Já que é do Benfica que estamos a falar, o Benfica poderia ter 60 seniores nos quadros, ou seja, 30 da equipa A, 30 da equipa B. Mais 30 juniores, mais 30 juvenis (tem equipa B? Mais 60 juvenis). E por aí fora. Isto permitiria os empréstimos de jogadores importantes e precisam de tempo de jogo, mas ainda não no Benfica (João Carvalho, p.e.), mas acabaria com esta forma de emprestar só para condicionar equipas adversárias.

 

O número acaba por ser completamente ad-hoc.

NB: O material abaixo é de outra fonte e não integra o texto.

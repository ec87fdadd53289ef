// The script program: reads a script from standard input in parts and writes what it prints to standard output.
// What a script means is decided in `script::step`; this program moves bytes.
#![tactic(auto)]

ghost use Rattle.std.specs.Prelude.{◌≡◌, true, false, ◌-◌, ◌≤◌, ◌<◌, length, take, IfOk, OnErr};
ghost use Rattle.model.specs.Limits.{set_bytes};
ghost use Rattle.session.specs.Turns.{memory};
ghost use Rattle.session.specs.Session.{Left};
ghost use Rattle.session.specs.declared.Next.TheVariants.{Reads, Ends};
ghost use Rattle.pitsets.specs.Moving.{unused, Lent, Refilled};

use model::limit;
use session::{Next, State};
use std::fmt::{Display, Formatter};
use std::io::{Read, Stdin, Stdout, Write};
use std::process::ExitCode;
use std::{fmt, io};

// What the system refused, and why.
#[derive(Drop)]
enum Failed {
    Read(io::Error),
    Write(io::Error),
}

impl Display for Failed {
    fn fmt<W: fmt::Write>(&self, f: &mut Formatter<W>) -> fmt::Result {
        match self {
            Failed::Read(e) => write!(f, "read: {e}"),
            Failed::Write(e) => write!(f, "write: {e}"),
        }
    }
}

fn zeros<const N: usize>() -> [u8; N]
    ensures { N ≡ length result }
{
    [0; N]
}

// What is read and not used, from..have, moved to the front.
fn forward(read: &mut [u8], from: usize, have: usize) -> usize
    requires { (from ≤ have) × (have ≤ length read.old) }
    ensures { (result ≡ have - from) × (take result read.new ≡ unused read.old from have) }
{
    let n = have - from;
    if from == 0 {
        return n;
    }
    read.copy_within(from..have, 0);
    n
}

// One read behind the first `have` bytes: how many came, none at the end of the input. Without room for a byte it would tell an end
// that is none.
fn more(input: &mut Stdin, read: &mut [u8], have: usize) -> io::Result<usize>
    requires { have < length read.old }
    ensures kept { take have read.new ≡ take have read.old }
    ensures within { IfOk result (λ k. k ≤ length read.old - have) }
{
    input.read(&mut read[have..])
}

// How much is read and not used, whether there is no more, and the turns that are left.
#[derive(Clone, Copy)]
struct Filled {
    have: usize,
    ended: bool,
    turns: u64,
}

// After an error what was not used stands at the front too.
fn refill(
    input: &mut Stdin,
    read: &mut [u8],
    from: usize,
    have: usize,
    turns: u64,
) -> Result<Filled, Failed>
    requires { (from ≤ have) × (have ≤ length read.old) × (have - from < length read.old) }
    ensures ok { IfOk result (λ f. Refilled read.old read.new from have turns f) }
    ensures err { OnErr result (take (have - from) read.new ≡ unused read.old from have) }
{
    let kept = forward(read, from, have);
    let k = more(input, read, kept).map_err(Failed::Read)?;
    Ok(Filled {
        have: kept + k,
        ended: k == 0,
        turns,
    })
}

fn asks(next: Next) -> bool
    ensures { (result ≡ true → next ≡ Reads) × (result ≡ false → ¬ (next ≡ Reads)) }
{
    matches!(next, Next::Reads)
}

fn ends(next: Next) -> bool
    ensures { result ≡ false → ¬ (next ≡ Ends) }
{
    matches!(next, Next::Ends | Next::Misused)
}

// Writes the n bytes of a turn; the turns that are left behind it: none after the last one.
fn show(output: &mut Stdout, text: &[u8], n: usize, next: Next, turns: u64) -> Result<u64, Failed>
    requires { (n ≤ length text.now) × (0 < turns) }
    ensures { IfOk result (λ r. (r < turns) × (0 < r → ¬ (next ≡ Ends))) }
{
    output.write_all(&text[..n]).map_err(Failed::Write)?;
    Ok(if ends(next) { 0 } else { turns - 1 })
}

// Turn after turn, from four empty sets; read[from..have] is read and not used. The bound on the turns lets it come to an end
// where the input does not; no run reaches it. What the memory is left as holds after an error too.
fn run(
    input: &mut Stdin,
    output: &mut Stdout,
    read: &mut [u8],
    sets: &mut [u8],
    lengths: &mut [usize],
    answer: &mut [u8],
    text: &mut [u8],
) -> Result<(), Failed>
    requires { Lent read.old sets.old lengths.old answer.old text.old }
    ensures { Left (length text.old) (memory sets.new lengths.new answer.new) }
{
    let mut state = State {
        axes: 0,
        listing: None,
    };
    let mut from = 0;
    let mut have = 0;
    let mut ended = false;
    let mut turns = u64::MAX;
    while 0 < turns {
        let t = script::step(state, &read[from..have], ended, sets, lengths, answer, text);
        let next = t.next;
        turns = show(output, text, t.text, next, turns)?;
        state = t.state;
        from += t.used;
        if asks(next) {
            let f = refill(input, read, from, have, turns)?;
            from = 0;
            have = f.have;
            ended = f.ended;
            turns = f.turns;
        }
    }
    Ok(())
}

fn main(rt: HostRuntime) -> ExitCode {
    let mut read = zeros::<69632>();
    let mut sets = zeros::<32000>();
    let mut lengths = [0usize; 4];
    let mut answer = zeros::<{ limit::SET_BYTES }>();
    let mut text = zeros::<512>();
    match run(
        &mut rt.stdin(),
        &mut rt.stdout(),
        &mut read,
        &mut sets,
        &mut lengths,
        &mut answer,
        &mut text,
    ) {
        Ok(()) => ExitCode::SUCCESS,
        Err(e) => {
            // where standard error fails too there is nobody to tell
            let _ = eprintln!(rt; "{e}");
            ExitCode::FAILURE
        }
    }
}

Se calhar o número ideal era 32, ou algo decrescente (tipo 35 jogadores na equipa A, 30 na equipa B, 25 na equipa C), irrelevante. Mas o plano seria limitar o número de passes que os clubes podem deter sem prejudicar os jogadores que realmente beneficiam de empréstimos. Porque com 60 gajos fazem-se 2 plantéis e ainda sobram uns 15-20 jogadores para empréstimo. 25 na equipa A, 15-20 na equipa B (que seria complementada com juniores) e os restantes seriam para emprestar. E eu não acredito que nenhum clube consiga ter 15 hot prospects no ponto para irem fazer um ou dois anos à Primeira Liga e voltarem com qualidade para integrar o plantel.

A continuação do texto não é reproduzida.